Weightless: Lossy weight encoding for deep neural network compression

Authors: Brandon Reagan, Udit Gupta, Bob Adolf, Michael Mitzenmacher, Alexander Rush, Gu-Yeon Wei, David Brooks

ICML 2018 | Conference PDF | Archive PDF | Plain Text | LLM Run Details

Reproducibility Variable Result LLM Response
Research Type Experimental We evaluate Weightless on three networks commonly used to study compression: Le Net-300-100, Le Net5 (Le Cun et al., 1998), and VGG-16 (Simonyan & Zisserman, 2015). The Le Net networks use MNIST (Lecun & Cortes, 1998) and VGG-16 uses Image Net (Russakovsky et al., 2015). Table 1. Experimental Setup.
Researcher Affiliation Collaboration 1Harvard University, Cambridge, MA 2Facebook, Menlo Park, CA. Correspondence to: Brandon Reagen <reagen@fas.harvard.edu>.
Pseudocode Yes Algorithm 1 Weightless compression method
Open Source Code No The paper mentions using Keras and implementing the Bloomier filter in-house but does not provide any statement or link indicating that the source code for their Weightless method is publicly available.
Open Datasets Yes The Le Net networks use MNIST (Lecun & Cortes, 1998) and VGG-16 uses Image Net (Russakovsky et al., 2015).
Dataset Splits No The paper mentions 'model validation error' and refers to retraining, but it does not provide specific details on the dataset splits (e.g., percentages, sample counts, or explicit methodology for training, validation, and test sets).

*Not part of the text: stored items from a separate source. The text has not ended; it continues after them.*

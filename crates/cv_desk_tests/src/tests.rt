//! What the contracts can't say: that calls find memory, over a vault in memory.

use crate::test_gates::{Ask, Row, leased_over, story};
use std::test::Fail;

static LIVE: [Row; 3] = [
    (Ask::Live(7199), "1"),
    (Ask::Live(7200), "0"),
    (Ask::Entries, "1"),
];

#[test]
fn a_lease_is_live_until_its_deadline(rt: HostRuntime) -> Result<(), Fail> {
    assert!(rt; story(rt.alloc(), &LIVE)? == (true, 1));
    Ok(())
}

#[test]
fn a_lease_needs_a_root_that_is_read(rt: HostRuntime) -> Result<(), Fail> {
    assert!(rt; leased_over(rt.alloc(), Some(b"other"))? == "damaged");
    assert!(rt; leased_over(rt.alloc(), None)? == "no memory");
    Ok(())
}

static ENDED: [Row; 3] = [
    (Ask::CancelByOther, "wrong key"),
    (Ask::Cancel, "cancelled"),
    (Ask::Cancel, "invalid token"),
];

#[test]
fn a_lease_is_ended_by_its_key_alone(rt: HostRuntime) -> Result<(), Fail> {
    assert!(rt; story(rt.alloc(), &ENDED)?.0);
    Ok(())
}

static STORED: [Row; 5] = [
    (Ask::Store, "stored"),
    (Ask::Store, "stored"),
    (Ask::Fresh(1), "1"),
    (Ask::Fresh(2), "0"),
    (Ask::Fresh(0), "no store"),
];

#[test]
fn what_is_stored_again_is_fresh_no_more(rt: HostRuntime) -> Result<(), Fail> {
    assert!(rt; story(rt.alloc(), &STORED)?.0);
    Ok(())
}

static COMMITTED: [Row; 5] = [
    (Ask::Commit(1, false), "no memory"),
    (Ask::Commit(1, true), "committed"),
    (Ask::Revision, "2"),
    (Ask::Cancel, "invalid token"),
    (Ask::Entries, "4"),
];

#[test]
fn a_commit_is_begun_and_given_up_or_ended(rt: HostRuntime) -> Result<(), Fail> {
    assert!(rt; story(rt.alloc(), &COMMITTED)? == (true, 4));
    Ok(())
}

Hardware Specification Yes On a Intel i7-6700K CPU reconstructing (decoding) the largest layers of each model takes 0.52, 1.3, and 22.8 seconds for MNIST-300-100, Le Net5, and VGG-16 respectively; on the ARM A53 mobile class CPU used in smartphones since 2014 (Qualcomm, 2018), the same layers take 7.1, 18, and 296 seconds to reconstruct.

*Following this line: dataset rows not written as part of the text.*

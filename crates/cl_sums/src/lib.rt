//! Sums of costs, told apart where they are above 128 bits.
#![tactic(auto)]

mod sum;

pub use sum::Sum;
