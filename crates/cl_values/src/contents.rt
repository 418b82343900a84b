//! The order of values by their content.
ghost use Rattle.std.specs.Prelude.{◌≡◌, Some, IsSome};
ghost use Rattle.cl_values.specs.Tree.{IntV, UintV, BuffV, AsciiV, Utf8V};
ghost use Rattle.cl_values.specs.Contents.{content_order};

use crate::leaves::compare_texts;
use crate::{Kind, Val, Value};
use std::cmp::Ordering;

fn int_order(number: i128, other: &Value) -> Option<Ordering>
    ensures { result ≡ content_order (IntV number) other.now }
{
    match &other.kind {
        Kind::Int(next) => Some(number.cmp(next)),
        _ => None,
    }
}

fn uint_order(number: u128, other: &Value) -> Option<Ordering>
    ensures { result ≡ content_order (UintV number) other.now }
{
    match &other.kind {
        Kind::Uint(next) => Some(number.cmp(next)),
        _ => None,
    }
}

fn buff_order(bytes: &[u8], other: &Value) -> Option<Ordering>
    ensures { result ≡ content_order (BuffV bytes.now) other.now }
{
    match &other.kind {
        Kind::Buff(next) => Some(bytes.cmp(next.as_slice())),
        _ => None,
    }
}

fn ascii_order(bytes: &[u8], other: &Value) -> Option<Ordering>
    ensures { result ≡ content_order (AsciiV bytes.now) other.now }
{
    match &other.kind {
        Kind::Ascii(next) => Some(bytes.cmp(next.as_slice())),
        _ => None,
    }
}

fn utf8_order(characters: &[char], other: &Value) -> Option<Ordering>
    ensures { result ≡ content_order (Utf8V characters.now) other.now }
{
    match &other.kind {
        Kind::Utf8(next) => Some(compare_texts(characters, next)),
        _ => None,
    }
}

fn order_of(a: &Value, b: &Value) -> Option<Ordering>
    ensures { result ≡ content_order a.now b.now }
{
    match &a.kind {
        Kind::Int(number) => int_order(*number, b),
        Kind::Uint(number) => uint_order(*number, b),
        Kind::Buff(bytes) => buff_order(bytes, b),
        Kind::Ascii(bytes) => ascii_order(bytes, b),
        Kind::Utf8(characters) => utf8_order(characters, b),
        _ => None,
    }
}

/// The order of two values by their content, where they are numbers, buffers or strings of one kind; else there is none.
pub fn try_content_order(a: &Val, b: &Val) -> Option<Ordering>
    ensures { result ≡ content_order a.now b.now }
{
    order_of(a.value(), b.value())
}

/// The order of two numbers, buffers or strings of one kind: of buffers and strings byte by byte, of UTF-8 strings in UTF-8, and
/// a proper prefix is less. It takes no memory.
pub fn content_order(a: &Val, b: &Val) -> Ordering
    requires { IsSome (content_order a.now b.now) }
    ensures { content_order a.now b.now ≡ Some result }
{
    match try_content_order(a, b) {
        Some(order) => order,
        None => unreachable!(),
    }
}
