//! Whether two values are equal, and which comes first.
ghost use Rattle.std.specs.Prelude.{◌≡◌, ◌↔◌, IsTrue};
ghost use Rattle.std.specs.declared.cmp.Ordering.TheVariants.{Equal};
ghost use Rattle.std.specs.Ordering.{nat_cmp};
ghost use Rattle.std.specs.Cmp.Lexicographic.{slice_cmp};
ghost use Rattle.cl_values.specs.Wire.{wire};
ghost use Rattle.cl_values.specs.Valid.{IsVal};
ghost use Rattle.cl_values.specs.Sequences.{equal};

use crate::order::compare_values;
use crate::{Val, Value};
use std::cmp::Ordering;

/// The order of two values: that of their wire forms (SIP-005), byte by byte. It takes no memory.
pub fn compare(a: &Val, b: &Val) -> Ordering
    ensures order { result ≡ slice_cmp nat_cmp (wire a.now) (wire b.now) }
    ensures equal { (result ≡ Equal) ↔ (a.now ≡ b.now) }
{
    compare_values(a.value(), b.value())
}

/// Whether two values are equal.
pub fn equal(a: &Val, b: &Val) -> bool
    ensures { IsTrue result ↔ (a.now ≡ b.now) }
{
    compare(a, b).is_eq()
}

/// Whether two values, which may be parts of others, are spelled alike.
pub fn are_alike(a: &Value, b: &Value) -> bool
    requires first { IsVal a.now }
    requires second { IsVal b.now }
    ensures { result ≡ equal a.now b.now }
{
    compare_values(a, b).is_eq()
}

Software Dependencies No The paper mentions 'Keras (Chollet, 2017)' and 'Mersenne Twister pseudorandom number generator' but does not provide specific version numbers for Keras or other software dependencies.

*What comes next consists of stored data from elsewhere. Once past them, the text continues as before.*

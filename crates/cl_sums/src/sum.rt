//! The sum, and how it is charged.
ghost use Rattle.std.specs.Prelude.{◌≡◌, ℕ, ◌+◌, ◌-◌, ◌*◌, ◌^◌, max, None};
ghost use Rattle.cl_shapes.specs.Costs.{plus, greater, times, counted, first_above, in_each};
ghost use Rattle.cl_shapes.specs.declared.cost.Cost5.{Cost5 as Numbers};
ghost use Rattle.cl_sums.specs.Sums.{fitting, told, Increases};

use cl_shapes::{Cost5, Dimension};

/// A sum of costs: the number in each dimension, None where it is above 2^128-1.
#[derive(Clone, Copy)]
pub struct Sum {
    pub runtime: Option<u128>,
    pub read_count: Option<u128>,
    pub read_length: Option<u128>,
    pub write_count: Option<u128>,
    pub write_length: Option<u128>,
}

/// Adds a number that fits, which in most dimensions is 0.
fn increase(sum: &mut Option<u128>, by: u128)
    ensures { (m : ℕ) → sum.old ≡ fitting m → sum.new ≡ fitting (m + by) }
{
    if by == 0 {
        return;
    }
    if let Some(so_far) = *sum {
        *sum = so_far.checked_add(by);
    }
}

/// Adds a number.
fn increase_by(sum: &mut Option<u128>, by: Option<u128>)
    ensures { (m n : ℕ) → sum.old ≡ fitting m → by ≡ fitting n → sum.new ≡ fitting (m + n) }
{
    match by {
        Some(by) => increase(sum, by),
        None => *sum = None,
    }
}

fn greater(a: Option<u128>, b: Option<u128>) -> Option<u128>
    ensures { (m n : ℕ) → a ≡ fitting m → b ≡ fitting n → result ≡ fitting (max m n) }
{
    match a {
        Some(a) => match b {
            Some(b) => Some(a.max(b)),
            None => None,
        },
        None => None,
    }
}

fn times(a: Option<u128>, k: u32) -> Option<u128>
    ensures { (m : ℕ) → a ≡ fitting m → result ≡ fitting (m * k) }
{
    match a {
        Some(a) => a.checked_mul(u128::from(k)),
        None => { if k == 0 { Some(0) } else { None } }
    }
}

impl Sum {
    /// No cost in any dimension.
    pub const ZERO: Sum = Sum {
        runtime: Some(0),
        read_count: Some(0),
        read_length: Some(0),
        write_count: Some(0),
        write_length: Some(0),
    };

    /// A cost that fits.
    pub fn of(cost: Cost5) -> Sum
        ensures { result ≡ told cost }
    {
        Sum {
            runtime: Some(cost.runtime),
            read_count: Some(cost.read_count),
            read_length: Some(cost.read_length),
            write_count: Some(cost.write_count),
            write_length: Some(cost.write_length),
        }
    }

    /// The cost, or the first dimension in which it is above 2^128-1.
    pub fn counted(&self) -> Result<Cost5, Dimension>
        ensures { (a : Numbers) → self.now ≡ told a → result ≡ counted a }
    {
        let runtime = match self.runtime {
            Some(n) => n,
            None => return Err(Dimension::Runtime),
        };
        let read_count = match self.read_count {
            Some(n) => n,
            None => return Err(Dimension::ReadCount),
        };
        let read_length = match self.read_length {
            Some(n) => n,
            None => return Err(Dimension::ReadLength),
        };
        let write_count = match self.write_count {
            Some(n) => n,
            None => return Err(Dimension::WriteCount),
        };
        let write_length = match self.write_length {
            Some(n) => n,
            None => return Err(Dimension::WriteLength),
        };
        Ok(Cost5 {
            runtime,
            read_count,
            read_length,
            write_count,
            write_length,
        })
    }

    /// The cost, with 2^128-1 for a number that is above it.
    pub fn saturated(&self) -> Cost5
        ensures { (a : Numbers) → self.now ≡ told a → first_above (in_each (2 ^ 128 - 1)) a ≡ None → result ≡ a }
    {
        Cost5 {
            runtime: self.runtime.unwrap_or(u128::MAX),
            read_count: self.read_count.unwrap_or(u128::MAX),
            read_length: self.read_length.unwrap_or(u128::MAX),
            write_count: self.write_count.unwrap_or(u128::MAX),
            write_length: self.write_length.unwrap_or(u128::MAX),
        }
    }

    /// Adds a cost in each dimension.
    pub fn charge(&mut self, cost: &Cost5)
        ensures { Increases self.old self.new cost.now }
    {
        increase(&mut self.runtime, cost.runtime);
        increase(&mut self.read_count, cost.read_count);
        increase(&mut self.read_length, cost.read_length);
        increase(&mut self.write_count, cost.write_count);
        increase(&mut self.write_length, cost.write_length);
    }

    /// Adds another sum in each dimension.
    pub fn increase(&mut self, other: &Sum)
        ensures { (a b : Numbers) → self.old ≡ told a → other.now ≡ told b → self.new ≡ told (plus a b) }
    {
        increase_by(&mut self.runtime, other.runtime);
        increase_by(&mut self.read_count, other.read_count);
        increase_by(&mut self.read_length, other.read_length);
        increase_by(&mut self.write_count, other.write_count);
        increase_by(&mut self.write_length, other.write_length);
    }

    /// The sum in each dimension.
    pub fn add(&self, other: &Sum) -> Sum
        ensures { (a b : Numbers) → self.now ≡ told a → other.now ≡ told b → result ≡ told (plus a b) }
    {
        let mut sum = *self;
        sum.increase(other);
        sum
    }

    /// The greater number in each dimension, which may come from different sums.
    pub fn max(&self, other: &Sum) -> Sum
        ensures { (a b : Numbers) → self.now ≡ told a → other.now ≡ told b → result ≡ told (greater a b) }
    {
        Sum {
            runtime: greater(self.runtime, other.runtime),
            read_count: greater(self.read_count, other.read_count),
            read_length: greater(self.read_length, other.read_length),
            write_count: greater(self.write_count, other.write_count),
            write_length: greater(self.write_length, other.write_length),
        }
    }

    /// `k` times the number in each dimension; 0 where `k` is 0, whatever the number.
    pub fn times(&self, k: u32) -> Sum
        ensures { (a : Numbers) → self.now ≡ told a → result ≡ told (times a k) }
    {
        Sum {
            runtime: times(self.runtime, k),
            read_count: times(self.read_count, k),
            read_length: times(self.read_length, k),
            write_count: times(self.write_count, k),
            write_length: times(self.write_length, k),
        }
    }
}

Experiment Setup Yes Table 1 shows the models and simplification parameters used in our experiments. We apply Weightless to the largest layers in each model. ... Weights are pruned using either magnitude threshold or dynamic network surgery (see Section 3.2). Once pruned, weights are clustered with k-means. We found that careful choice of initial seeds helped to minimizing the number of clusters needed. We use density-based initialization on a per-layer basis, where initial cluster values are assigned based on the input weight distribution. Tuning the filter size The use of Bloomier filters introduces an additional hyperparameter t that sets the filters encoding strength... Experimentally, for the models considered, we find that t typically falls in the range of 6 to 9.